Stored items:
################

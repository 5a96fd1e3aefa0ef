//! A text with its marks as parameters.

ghost use Rattle.std.specs.Prelude.{◌≡◌, ◌++◌, codes, decimal, drop, IfOk, OnOk};
ghost use Rattle.ec_call_defs.specs.Marks.{with_marks};

use crate::place::Place;
use crate::step::{Step, step_from};
use ec_base::{Bytes, OutOfMemory};
use itoa::Buffer;
use std::alloc::Global;

/// Puts the parameter of this number.
fn push_parameter(text: &mut Bytes, number: u64) -> Result<(), OutOfMemory>
    ensures { OnOk result (text.new ≡ text.old ++ (codes "$" ++ decimal number)) }
{
    text.push(b'$')?;
    text.extend_from_slice(Buffer::new().format(number).as_bytes())
}

/// What stands behind the first byte.
fn behind_first(text: &[u8]) -> &[u8]
    ensures { result.now ≡ drop 1 text.now }
{
    match text {
        [] => text,
        [_, more @ ..] => more,
    }
}

/// The text that is sent for one that is prepared: its marks are parameters, which count from 1. It is read once.
pub fn with_marks(alloc: Global, text: &[u8]) -> Result<Bytes, OutOfMemory>
    ensures { IfOk result (λ made. made ≡ with_marks text.now) }
{
    let mut made = Bytes::new(alloc);
    let mut place = Place::Between;
    let mut marks: u64 = 0;
    let mut rest = text;
    while let [byte, ..] = rest {
        let more = behind_first(rest);
        match step_from(place, *byte, more) {
            Step::Mark => {
                marks += 1;
                push_parameter(&mut made, marks)?;
                place = Place::Between;
                rest = more;
            }
            Step::One(behind) => {
                made.push(*byte)?;
                place = behind;
                rest = more;
            }
            Step::Two(next, behind) => {
                made.push(*byte)?;
                made.push(next)?;
                place = behind;
                rest = behind_first(more);
            }
        }
    }
    Ok(made)
}
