//! The marks of a text that is prepared (PostgreSQL manual, chapter ECPG, Dynamic SQL): each `?` outside quotes and
//! comments stands for a parameter, and is sent as `$1`, `$2` and on.
#![tactic(auto)]

mod marks;
mod place;
mod step;

pub use marks::with_marks;
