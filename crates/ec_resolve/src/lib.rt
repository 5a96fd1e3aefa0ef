//! The resolved forms of functions and programs (ISO/IEC 9899:1999, 6.9 and 6.9.1), without embedded statements, as written
//! C is.
#![tactic(auto)]

mod functions;
mod params;
mod programs;

pub use programs::resolve;
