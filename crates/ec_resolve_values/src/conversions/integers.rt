//! Operators over two integers (ISO/IEC 9899:1999, 6.3.1.8, 6.5.5 to 6.5.14).

ghost use Rattle.std.specs.Prelude.{◌≡◌, option_map};
ghost use Rattle.ec_meaning_defs.specs.resolved.Resolved.{Exp};
ghost use Rattle.ec_resolving_defs.specs.Conversions as form;
ghost use Rattle.ec_values.specs.Operations.{comparison_view, operation_view};
ghost use Rattle.ec_typing_defs.specs.Types as types;
ghost use Rattle.ec_resolve_values.specs.conversions.Forms.{joined_by, operated_integers};

use crate::conversions::conversion::widening;
use crate::conversions::joined::Joined;
use ec_code::Binary;
use ec_ctypes::{Arith, BinOp, promote, usual};
use ec_values::{Comparison, IntegerOperator, Operation};

/// The comparison that an operator is (ISO/IEC 9899:1999, 6.5.8 and 6.5.9).
pub(crate) fn comparison_of(op: BinOp) -> Option<Comparison>
    ensures { option_map comparison_view result ≡ form.comparison_of op }
{
    match op {
        BinOp::Eq => Some(Comparison::Equal),
        BinOp::Ne => Some(Comparison::Unequal),
        BinOp::Lt => Some(Comparison::Less),
        BinOp::Gt => Some(Comparison::Greater),
        BinOp::Le => Some(Comparison::AtMost),
        BinOp::Ge => Some(Comparison::AtLeast),
        BinOp::Or => None,
        BinOp::And => None,
        BinOp::BitOr => None,
        BinOp::BitXor => None,
        BinOp::BitAnd => None,
        BinOp::Shl => None,
        BinOp::Shr => None,
        BinOp::Add => None,
        BinOp::Sub => None,
        BinOp::Mul => None,
        BinOp::Div => None,
        BinOp::Rem => None,
    }
}

/// The operation of an operator on integers, of which the left one has this type once it is converted.
pub(crate) fn operation_in(op: BinOp, ty: Arith) -> Option<Operation>
    ensures { option_map operation_view result ≡ form.operation_in op ty }
{
    match op {
        BinOp::Add => Some(Operation::Integers(ty, IntegerOperator::Plus)),
        BinOp::Sub => Some(Operation::Integers(ty, IntegerOperator::Minus)),
        BinOp::Mul => Some(Operation::Integers(ty, IntegerOperator::Times)),
        BinOp::Div => Some(Operation::Integers(ty, IntegerOperator::Divided)),
        BinOp::Rem => Some(Operation::Integers(ty, IntegerOperator::Remainder)),
        BinOp::BitAnd => Some(Operation::Integers(ty, IntegerOperator::BitsAnd)),
        BinOp::BitOr => Some(Operation::Integers(ty, IntegerOperator::BitsOr)),
        BinOp::BitXor => Some(Operation::Integers(ty, IntegerOperator::BitsXor)),
        BinOp::Shl => Some(Operation::ShiftLeft(ty)),
        BinOp::Shr => Some(Operation::ShiftRight(ty)),
        BinOp::Eq => Some(Operation::Compare(Comparison::Equal)),
        BinOp::Ne => Some(Operation::Compare(Comparison::Unequal)),
        BinOp::Lt => Some(Operation::Compare(Comparison::Less)),
        BinOp::Gt => Some(Operation::Compare(Comparison::Greater)),
        BinOp::Le => Some(Operation::Compare(Comparison::AtMost)),
        BinOp::Ge => Some(Operation::Compare(Comparison::AtLeast)),
        BinOp::And => None,
        BinOp::Or => None,
    }
}

/// Whether the operator is `<<` or `>>`.
fn is_shift(op: BinOp) -> bool
    ensures { result ≡ types.is_shift op }
{
    matches!(op, BinOp::Shl | BinOp::Shr)
}

/// The type to which the left operand is converted: the common type, but a shift promotes it alone (ISO/IEC 9899:1999,
/// 6.5.7).
pub(crate) fn left_type(op: BinOp, a: Arith, b: Arith) -> Arith
    ensures { result ≡ form.left_type op a b }
{
    if is_shift(op) {
        promote(a)
    } else {
        usual(a, b)
    }
}

/// The type to which the right operand is converted.
pub(crate) fn right_type(op: BinOp, a: Arith, b: Arith) -> Arith
    ensures { result ≡ form.right_type op a b }
{
    if is_shift(op) {
        promote(b)
    } else {
        usual(a, b)
    }
}

/// A binary operator over integers of these types.
pub(crate) fn integers(op: BinOp, a: Arith, b: Arith) -> Option<Joined>
    ensures { (x y : Exp) → joined_by result x y ≡ form.integers_exp op a x b y }
{
    match op {
        BinOp::And => Some(Joined::plain(Binary::Both)),
        BinOp::Or => Some(Joined::plain(Binary::Either)),
        _ => operated(op, a, b),
    }
}

/// The operation of an operator on both operands, converted.
fn operated(op: BinOp, a: Arith, b: Arith) -> Option<Joined>
    ensures { (x y : Exp) → joined_by result x y ≡ operated_integers op a x b y }
{
    let to = left_type(op, a, b);
    match operation_in(op, to) {
        Some(operation) => Some(Joined {
            left: widening(a, to),
            right: widening(b, right_type(op, a, b)),
            step: Binary::Operate(operation),
        }),
        None => None,
    }
}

################

> What this task involves:
Return all lines from the data above with "IntegerOperator" in them.

> Completed exercise:
use ec_values::{Comparison, IntegerOperator, Operation};
        BinOp::Add => Some(Operation::Integers(ty, IntegerOperator::Plus)),
        BinOp::Sub => Some(Operation::Integers(ty, IntegerOperator::Minus)),
        BinOp::Mul => Some(Operation::Integers(ty, IntegerOperator::Times)),
        BinOp::Div => Some(Operation::Integers(ty, IntegerOperator::Divided)),
        BinOp::Rem => Some(Operation::Integers(ty, IntegerOperator::Remainder)),
        BinOp::BitAnd => Some(Operation::Integers(ty, IntegerOperator::BitsAnd)),
        BinOp::BitOr => Some(Operation::Integers(ty, IntegerOperator::BitsOr)),
        BinOp::BitXor => Some(Operation::Integers(ty, IntegerOperator::BitsXor)),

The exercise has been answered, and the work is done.